僕が小さい頃から、ゲンさんはいつもそんなことを語ってくれた。モノはモノでしかないけれど、時にモノ以上の意味を有することもある――それは、そのモノの背後に潜んでいる人、職人たちの存在を考えた時、一層顕著に。あの頃、僕には少し難しかったゲンさんの言葉。今ではとてもよく分かる気がする。

「でも僕は、どうせ働くんだったら、お医者さんとかタレントとか、そういう仕事がしてみたい!だって電柱を作る仕事とか、ダサいじゃん」

夕暮れの空の下、僕は公園のベンチに座ってゲンさんと語り合っていた。当時の僕の遠慮のない言葉に、ゲンさんは僅かに困ったような表情を浮かべた。けれど、それも一瞬のことで、ゲンさんはすぐに口を開いた。

「お医者さんやテレビの人たちの仕事も、とっても素晴らしいと思うよ。でもそれと同時に、電柱を作る人の仕事だって素晴らしいと思わないかい?電柱がなければ、俺たちの家には電気が届かない。電気がなければ病院の機械も動かせないし、テレビだって点かないのさ」

ゲンさんはそこまで喋ると、うんうん、と一人満足そうに頷いた。僕はその説明に、分かったようなはぐらかされたような気持ちになったのだけれど、右手に持っていたアイスがほとんど溶けかかっていたことに気づき、慌てて残りを頬張った。

「それで、ゲンさんは今、何の仕事をしているの?」

指先についたアイスの液体をごしごしとズボンにこすり付けながら、僕は聞いた。ゲンさんは色々な仕事を転々としているらしく、だから母にはゲンさんと接することを強く咎められていたのだけれど、子供相手にもきちんと向き合って話をしてくれるゲンさんのことを、僕は好きだった。

「シューマイの上にグリーンピースを置く仕事さ」

「それって楽しいの?誰かのためになってるの?」

振り返って思えば、当時の僕はゲンさんに対して随分直裁で残酷な言葉をぶつけたものだと思う。それでもゲンさんは怒ることなく、参ったな、という風に頭をぼりぼりと掻くだけで、次の瞬間には再びにこやかに喋り始めた。

「もちろん楽しいし、誰かのためにもなるよ。俺も色々仕事をやってきたけど、今のこの仕事こそが天職だと思っているくらいさ」

「てんしょく?」

「神様が与えてくれたお仕事、ってこと」

突然ゲンさんが、脇に隠し持っていたススキで僕の頬を悪戯っぽくくすぐる。不意にやってきたその刺激にすっかり驚いてしまった僕は、思わずゲンさんの向うずねを蹴り上げてしまった。

「シューマイの上にグリーンピースを乗せるのが神様がくれた仕事だなんて、意味分かんないよ。そんなの、ありえっこないじゃん」

ゲンさんを蹴ってしまったバツの悪さから、思わず悪態を突いてしまった。けれど僕の発した言葉だってまるっきりウソというわけではなく、どちらかといえば本心に近かったように思い出す。

「そんなのって、誰にでもできる仕事だし――」

「そんなことはない」

それは、僕から反論の接ぎ穂を刈り取るくらいピシャリとした一言だった。いつになく真剣な表情を浮かべるゲンさんの顔、それを見ていると僕の口からは何の言葉も出てこなかった。

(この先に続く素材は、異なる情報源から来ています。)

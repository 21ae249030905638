//! A small program: a division that may fail, beside 0.
ghost use Rattle.std.specs.Prelude.{◌≡◌, IfSome, [], ◌∷◌};
ghost use Rattle.rx_code.specs.Example as sample;

use c_ast::{BinOp, Expr, Function, Resolved, Stmt};
use rx_plain::{Boxed, Items};
use std::alloc::Global;

fn binary(alloc: Global, op: BinOp, left: Expr, right: Expr) -> Option<Expr>
    ensures { IfSome result (λ e. e ≡ Expr.Binary op left right) }
{
    let left = Boxed::new(alloc, left).ok()?;
    let right = Boxed::new(alloc, right).ok()?;
    Some(Expr::Binary(op, left, right))
}

// A function of one parameter.
fn unary(alloc: Global, name: u32, body: Items<Stmt>) -> Option<Function>
    ensures { IfSome result (λ f. f ≡ record { name = name; params = 0 ∷ []; body = body }) }
{
    let mut params = Items::new(alloc);
    params.push(0).ok()?;
    Some(Function { name, params, body })
}

// int dropped(int x) { return 0 * (1 / x); }
fn dropped(alloc: Global) -> Option<Function>
    ensures { IfSome result (λ f. f ≡ sample.dropped) }
{
    let quotient = binary(alloc, BinOp::Div, Expr::Lit(1), Expr::Var(0))?;
    let product = binary(alloc, BinOp::Mul, Expr::Lit(0), quotient)?;
    let mut body = Items::new(alloc);
    body.push(Stmt::Return(product)).ok()?;
    unary(alloc, 1, body)
}

// int zero(int x) { return 0; }
fn zero(alloc: Global) -> Option<Function>
    ensures { IfSome result (λ f. f ≡ sample.zero) }
{
    let mut body = Items::new(alloc);
    body.push(Stmt::Return(Expr::Lit(0))).ok()?;
    unary(alloc, 2, body)
}

/// A division whose value is dropped at place 0, and 0 at place 1.
pub fn division(alloc: Global) -> Option<Resolved>
    ensures { IfSome result (λ p. p ≡ sample.division) }
{
    let mut functions = Items::new(alloc);
    functions.push(dropped(alloc)?).ok()?;
    functions.push(zero(alloc)?).ok()?;
    Some(Resolved { functions })
}
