//! The domains that are found for a goal.
use rx_find_domains::{Domains, find_domains};
use rx_plain::NoMemory;
use rx_row::Constraint;
use rx_solve::refutes;
use rx_term::{Equation, RuleSet};
use rx_words::push_rows;
use std::alloc::Global;
use test_lines::{Answer, equation, push_list, written};

fn push_domain(domain: &Constraint, out: &mut Vec<u8>) -> Result<(), NoMemory> {
    push_rows(domain.rows(), out)
}

// What is found for the goal, by the refuter.
fn domains_of(alloc: Global, set: &RuleSet, goal: &Equation) -> Result<Domains, NoMemory> {
    let mut solve = |rows: &Constraint| refutes(alloc, rows);
    find_domains(alloc, set, goal, &mut solve)
}

/// The domains that are found for the goal, a list of rows for each symbol; none where the line
/// can't be read, or there is no memory. The set's own domains aren't looked at.
pub fn found(alloc: Global, set: &RuleSet, goal: &str) -> Option<Answer> {
    let goal = equation(alloc, goal)?;
    let domains = domains_of(alloc, set, &goal).ok()?;
    written(
        alloc,
        |out| push_list(domains.rows.as_slice(), out, push_domain),
    )
}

「グリーンピースにも、色々あるんだ。それは、俺とケイくんとが全然違う人間であるのと同じようにね。そしてそれぞれのシューマイにも、やっぱり色んな個性がある。その二つの個性をしっかりと見抜き、一番ベストな組み合わせを見つけてやること……これは僕たち職員にとっての試練でもあり、同時に誇るべき矜持でもあるんだよ」

穏やかな声色ながら、峻厳とした調子を保ちつつゲンさんは僕に説明してくれた。シューマイの、グリーンピースの、個性。そんなものがあるだなんて、これまで考えもしなかった。そして同時に、僕は何だかゲンさんから自分の無知を詰られているよう感じてしまい、心の内に恥ずかしさとも憤りともいえない不思議な感情を抱いてしまった。

「そんなもん、あるわけないじゃん!ゲンさん、バッカじゃねーの!」

もう一度、思ってもいなかった罵詈雑言が口から出てしまった。今度こそは取り返しがつかない、と思った僕は、アイスの棒を地面に叩きつけると、振り返ることもせずに家路を走った。

本当にバカな子供だったのだ。あの頃の僕は。いや、バカだったからこそ子供でいられたのかもしれない。

その日を境に、僕はゲンさんと会うことはなくなった。
今から数えて、もう15年も前の話になる。
振り返っては切なくさせられる、実に苦い思い出の一つだ。

僕はそのまま、大人になった。

・・・

「ゲンさん?」

「ん?君は――もしかして、ケイくんかい?」

社会人となった僕は、盆休みを利用して久方ぶりに実家に帰った。数年ぶりとなる息子の帰省に両親は大層喜んだけれど、魚が美味いというだけしか取り柄のないこの街で過ごす時間は、うんざりするほど退屈だった。

「懐かしいなあ。ケイくんが小学生の時から会っていないから、かれこれ10年ぶりくらいになるのかな?」

「いえ、おそらく15年ぶりになりますね……」

僕の言葉に、そうかそうかと嬉しそうに頷くゲンさん。その目尻に刻み込まれた深い皺が、15年という歳月の流れを如実に僕に訴えかける。当時で既に30歳は迎えていたはずのゲンさん、だから今目の前にいるゲンさんは50歳前後ということになるだろう。

小学校を上がった僕は、母親の勧めと自分の意思とで名門の私立中学に進学した。勉強をすることは嫌いじゃなかった。テストでも常にトップクラスをキープし、僕はそのまま当たり前のように東京・駒場にある国立大学へと進学した。適度な好奇心と、一般的な保守性をバランス良く持ち合わせていた僕は、大学も平穏無事に卒業し、その春には外資の某大手証券会社に入社が決まった。

「ケンくんはいま、何をしているの?」

「働いてますよ、フツーに」

フツー、と言った僕の声のトーンに、図らずも差別的な色が含まれてしまった。それは無意識の内に、ゲンさんは『フツー』に働いていないだろうと思っていた僕の心の現われなのだろう。僕はすぐにしまった、と思ったけれど、ゲンさんはさして気にした様子もなく穏やかに笑っていた。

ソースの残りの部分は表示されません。